Currently, you'd run it through wineconsole explicitly. And yes, it's not perfect and default behaviour could be improved, but it's challenging architecturally. There were some improvements to that code in current release cycle, which moved things in the right direction, but also proved this stuff to be hard to change without breaking anything.

I see.

I think the best goal here is that, for the standard handles, Wine I/O should be equivalent to a network connection (telnet?) to a Windows box. For CUI, Wine should actually use curses or at least terminfo, to allow the escape codes produced to match the user's terminal. The user's terminal might not always be a VT100-alike and custom simulated terminals could be very reasonable for testing curses TUI programs. (To my knowledge, there are as yet no testsuites that actually /do/ that, but the composition seems reasonable to me.)
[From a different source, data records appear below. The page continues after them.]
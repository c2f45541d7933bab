//! The processes of a run are started, each over a disk of the rack; or none is, and
//! each disk that was handed out goes back. No journal is begun before all disks are
//! there.

ghost use Rattle.std.specs.Prelude.{◌≡◌, ◌+◌, ◌<◌, ◌≤◌, ◌^◌, [], Bool, true, IfErr, IfOk, IfSome, IsSome, OnOk};
ghost use Rattle.std.specs.Prelude.{is_some, length, option_copied, vec_capacity, vec_len};
ghost use Rattle.std.specs.Vec.Iter.{into_iter_items};
ghost use Rattle.qc_decl.specs.Accepted.{IsAccepted};
ghost use Rattle.qc_decl.specs.Actors.{actors};
ghost use Rattle.qc_decl.specs.declared.declaration.Declaration.{Declaration as Declared};
ghost use Rattle.qc_process.specs.Stored.{IsProcess};
ghost use Rattle.qc_process.specs.Views.{IsUp};
ghost use Rattle.laws_bounds.specs.Places.{AreHandedOut};
ghost use Rattle.qc_node.specs.Starts.{AreProcesses, AreStarted, AreUnbegun, AreUnstarted, AreUnwritten, AreUp};
ghost use Rattle.qc_node.specs.Starts.{IsBackFrom, IsGivenBack};

use qc_decl::Declaration;
use qc_outside::{Disk, Rack, RackFault};
use qc_process::Process;
use std::alloc::Global;
use std::vec::IntoIter;

/// A process over a disk of the rack, in this folder or in none, for each actor, by
/// number.
#[tactic(auto, using(crate::proofs::Unstarted::wanting_unstarted))]
pub(crate) fn start<K: Rack>(
    alloc: Global,
    decl: &Declaration,
    dir: Option<&str>,
    rack: &mut K,
) -> Result<Vec<Process<K::D>>, RackFault>
    requires accepted { IsAccepted decl.now }
    ensures whole { IfOk result (λ each. vec_len each ≡ actors decl.now) }
    ensures each { IfOk result (λ each. (tells : Bool) → (tells ≡ true → IsSome (K.places rack.old))
        → AreProcesses tells decl.now each.items) }
    ensures up { IfOk result (λ each. AreUp each.items) }
    ensures started { IfOk result (λ _. AreStarted (option_copied dir.entry) (actors decl.now) (K.places rack.old)
        (K.faults rack.old) (K.places rack.new) (K.faults rack.new)) }
    ensures refused { IfErr result (λ fault. AreUnstarted (option_copied dir.entry) (K.places rack.old)
        (K.faults rack.old) (K.places rack.new) (K.faults rack.new) fault) }
{
    let each = Vec::with_capacity(alloc, usize::from(decl.sites + decl.clients + 1))?;
    let disks = disks_of(alloc, decl, dir, rack)?;
    processes_on(alloc, decl, dir, rack, disks, each)
}

/// The disks of all actors, by number. Where the rack refuses one, those that it gave
/// go back unwritten.
#[tactic(auto, using(crate::proofs::Starts::none_started, crate::proofs::Unstarted::wanting_unstarted))]
fn disks_of<K: Rack>(
    alloc: Global,
    decl: &Declaration,
    dir: Option<&str>,
    rack: &mut K,
) -> Result<Vec<K::D>, RackFault>
    requires accepted { IsAccepted decl.now }
    ensures whole { IfOk result (λ disks. vec_len disks ≡ actors decl.now) }
    ensures unwritten { IfOk result (λ disks.
        AreUnwritten (is_some (K.places rack.old)) K.D.told K.D.faults disks.items) }
    ensures started { IfOk result (λ _. AreStarted (option_copied dir.entry) (actors decl.now) (K.places rack.old)
        (K.faults rack.old) (K.places rack.new) (K.faults rack.new)) }
    ensures refused { IfErr result (λ fault. AreUnstarted (option_copied dir.entry) (K.places rack.old)
        (K.faults rack.old) (K.places rack.new) (K.faults rack.new) fault) }
{
    let actors = decl.sites + decl.clients + 1;
    let mut disks = Vec::with_capacity(alloc, usize::from(actors))?;
    for actor in 0..actors {
        match rack.disk(dir, actor) {
            Ok(disk) => disks.push_reserved(disk),
            Err(fault) => {
                give_back_disks(dir, rack, 0, disks.into_iter());
                return Err(fault);
            }
        }
    }
    Ok(disks)
}

/// The processes over all disks, in a list that has room for them. Where one's
/// journal isn't begun, its disk goes back, and so do the others: those before it
/// with their journals begun, and those behind it unwritten.
fn processes_on<K: Rack>(
    alloc: Global,
    decl: &Declaration,
    dir: Option<&str>,
    rack: &mut K,
    disks: Vec<K::D>,
    each: Vec<Process<K::D>>,
) -> Result<Vec<Process<K::D>>, RackFault>
    requires accepted { IsAccepted decl.now }
    requires whole { vec_len disks ≡ actors decl.now }
    requires unwritten { AreUnwritten (is_some (K.places rack.old)) K.D.told K.D.faults disks.items }
    requires handed { IfSome (K.places rack.old) (AreHandedOut (option_copied dir) (actors decl.now)) }
    requires none { each.items ≡ [] }
    requires room { actors decl.now ≤ vec_capacity each }
    ensures whole { IfOk result (λ each. vec_len each ≡ actors decl.now) }
    ensures each { IfOk result (λ each. (tells : Bool) → (tells ≡ true → IsSome (K.places rack.old))
        → AreProcesses tells decl.now each.items) }
    ensures up { IfOk result (λ each. AreUp each.items) }
    ensures same { OnOk result (rack.new ≡ rack.old) }
    ensures refused { IfErr result (λ fault. AreUnbegun (option_copied dir.entry) (actors decl.now)
        (K.places rack.old) (K.faults rack.old) (K.places rack.new) (K.faults rack.new) fault) }
{
    let mut each = each;
    let mut disks = disks.into_iter();
    for actor in 0..decl.sites + decl.clients + 1 {
        let Some(disk) = disks.next() else {
            unreachable!()
        };
        match Process::new(alloc, decl, actor, disk) {
            Ok(process) => each.push_reserved(process),
            Err((back, fault)) => {
                give_back(dir, rack, each);
                rack.keep(dir, actor, back);
                give_back_disks(dir, rack, actor + 1, disks);
                return Err(fault);
            }
        }
    }
    Ok(each)
}

/// Each disk goes back to its place, with its journal begun.
fn give_back<K: Rack>(dir: Option<&str>, rack: &mut K, each: Vec<Process<K::D>>)
    requires handed { IfSome (K.places rack.old) (AreHandedOut (option_copied dir) (vec_len each)) }
    requires processes { (decl : Declared) × AreProcesses (is_some (K.places rack.old)) decl each.items }
    requires up { AreUp each.items }
    ensures { IsGivenBack (option_copied dir.entry) (vec_len each) (K.places rack.old) (K.faults rack.old)
        (K.places rack.new) (K.faults rack.new) }
{
    for process in each {
        let actor = process.number();
        rack.keep(dir, actor, process.into_disk());
    }
}

/// Each disk goes back to its place unwritten, from this actor's on.
fn give_back_disks<K: Rack>(dir: Option<&str>, rack: &mut K, first: u8, disks: IntoIter<K::D>)
    requires fits { first + length (into_iter_items disks) < 2 ^ 8 }
    requires unwritten { AreUnwritten (is_some (K.places rack.old)) K.D.told K.D.faults (into_iter_items disks) }
    ensures { IsBackFrom (option_copied dir.entry) first (length (into_iter_items disks)) (K.places rack.old)
        (K.faults rack.old) (K.places rack.new) (K.faults rack.new) }
{
    let mut actor = first;
    for disk in disks {
        rack.keep(dir, actor, disk);
        actor += 1;
    }
}
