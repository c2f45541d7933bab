//! One worker.

ghost use Rattle.std.specs.Prelude.{◌≡◌, ◌<◌};
ghost use Rattle.qc_decl.specs.Actors.{actors};
ghost use Rattle.qc_node.specs.Runnable.{IsRunnable};

use crate::cells::Cells;
use crate::ends::{DriveEnd, TurnEnd};
use crate::rules::Rules;
use qc_decl::Declaration;
use qc_fabric::{Fabric, Picked, RunName};
use qc_list::OutOfMemory;
use qc_msg::Control;
use qc_outside::{Disk, Gate};
use std::alloc::Global;
use std::sync::Wait;
use std::thread::Threads;

/// What a worker goes by: the run's declaration, the history that all workers share,
/// the cells of the actors, and what each turn passes before it is posted.
#[derive(Drop)]
pub(crate) struct Worker<'a, D: Disk, N: RunName, G: Gate, R: Threads + Wait + Sync> {
    pub(crate) rt: &'a R,
    pub(crate) alloc: Global,
    pub(crate) decl: &'a Declaration,
    pub(crate) fabric: &'a Fabric<Rules, N>,
    pub(crate) cells: &'a Cells<D, N>,
    pub(crate) gate: &'a G,
    ghost declaration: { decl.now ≡ N.declaration },
}

impl<'a, D: Disk, N: RunName, G: Gate, R: Threads + Wait + Sync> Worker<'a, D, N, G, R> {
    /// It picks an actor, which takes its turn, and so on; where nothing is ready
    /// and nobody is held it has done what comes next, in phases up to the last one
    /// that is given: a control line acts, or the next phase begins. It ends where
    /// nothing is left in these, a counted quantity has reached its limit, or memory
    /// was wanting. Then it wakes the others.
    pub(crate) fn drive(&self, last: u32) -> DriveEnd
        requires runnable { IsRunnable N.declaration N.script }
    {
        let end = self.serve(last);
        self.fabric.wake();
        end
    }

    /// The same, while the others may sleep.
    fn serve(&self, last: u32) -> DriveEnd
        requires runnable { IsRunnable N.declaration N.script }
    {
        for _ in self.rt.forever() {
            match self.fabric.pick(self.rt, self.decl) {
                Picked::Full(full) => return DriveEnd::Full(full),
                Picked::Actor(actor) => {
                    if self.turn(actor).is_err() {
                        return DriveEnd::OutOfMemory;
                    }
                }
                Picked::Quiet => match self.go_on(last) {
                    Ok(true) => {}
                    Ok(false) => return DriveEnd::Quiet,
                    Err(_) => return DriveEnd::OutOfMemory,
                },
            }
        }
        unreachable!()
    }

    /// A turn of the actor in the cell of this number.
    fn turn(&self, actor: u8) -> Result<TurnEnd, OutOfMemory>
        requires runnable { IsRunnable N.declaration N.script }
        requires actor { actor < actors N.declaration }
    {
        let mut cell = self.cells.cells[actor as usize].lock(self.rt);
        cell.turn(self)
    }

    /// What comes next is done, in phases up to the last one that is given: a control
    /// line acts, in the cell of its actor or by the controller, or the next phase
    /// begins, of which the gate is told before. Whether something is left.
    fn go_on(&self, last: u32) -> Result<bool, OutOfMemory>
        requires runnable { IsRunnable N.declaration N.script }
    {
        match self.fabric.next_order(self.rt, self.decl, last) {
            Some(Control::Armed { actor, .. }) => {
                let mut cell = self.cells.cells[actor as usize].lock(self.rt);
                let mut controller = self.cells.controller.lock(self.rt);
                cell.arm(self, &mut controller, last)
            }
            Some(Control::Crash(actor)) => {
                let mut cell = self.cells.cells[actor as usize].lock(self.rt);
                cell.crash(self, last)
            }
            Some(Control::Restart(actor)) => {
                let mut cell = self.cells.cells[actor as usize].lock(self.rt);
                cell.restart(self, last)
            }
            Some(Control::Phase(number)) => {
                self.gate.phase(self.rt, number, last);
                self.act(last)
            }
            Some(Control::Cut(_, _) | Control::Heal(_, _)) | None => self.act(last),
        }
    }

    /// The controller does what it may do next.
    fn act(&self, last: u32) -> Result<bool, OutOfMemory> {
        let mut controller = self.cells.controller.lock(self.rt);
        controller.act(self.rt, self.decl, self.fabric, last)
    }
}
As I said, compatibility with other terminals could be improved, but curses does not fit the role. Anyway, for sake of testing, the attached patch disables escapes hiding the cursor during screen updates which seem the most problematic. With this patch, some tests may work without disabling conhost (but other discussed problems are expected).

Agreed that curses may not be feasible for Wine to use, but terminfo would still be a good solution to replace the hardcoded terminal escape strings in conhost.

[...]

BTW, if Expect ever plans a Windows port that's not based on Cygwin, it will likely need to use conhost-based pseudo consoles. It would then face exactly the same problem as when using Wine. Maybe long-term solution fits there? Problematic cursor hide/show escapes should be trivial to filter. Other differences may be more challenging.

My understanding is that Expect does not have a native Windows port precisely because Windows, until recently, did not have ptys or anything like them. Those other differences may still preclude a native Windows port of Expect.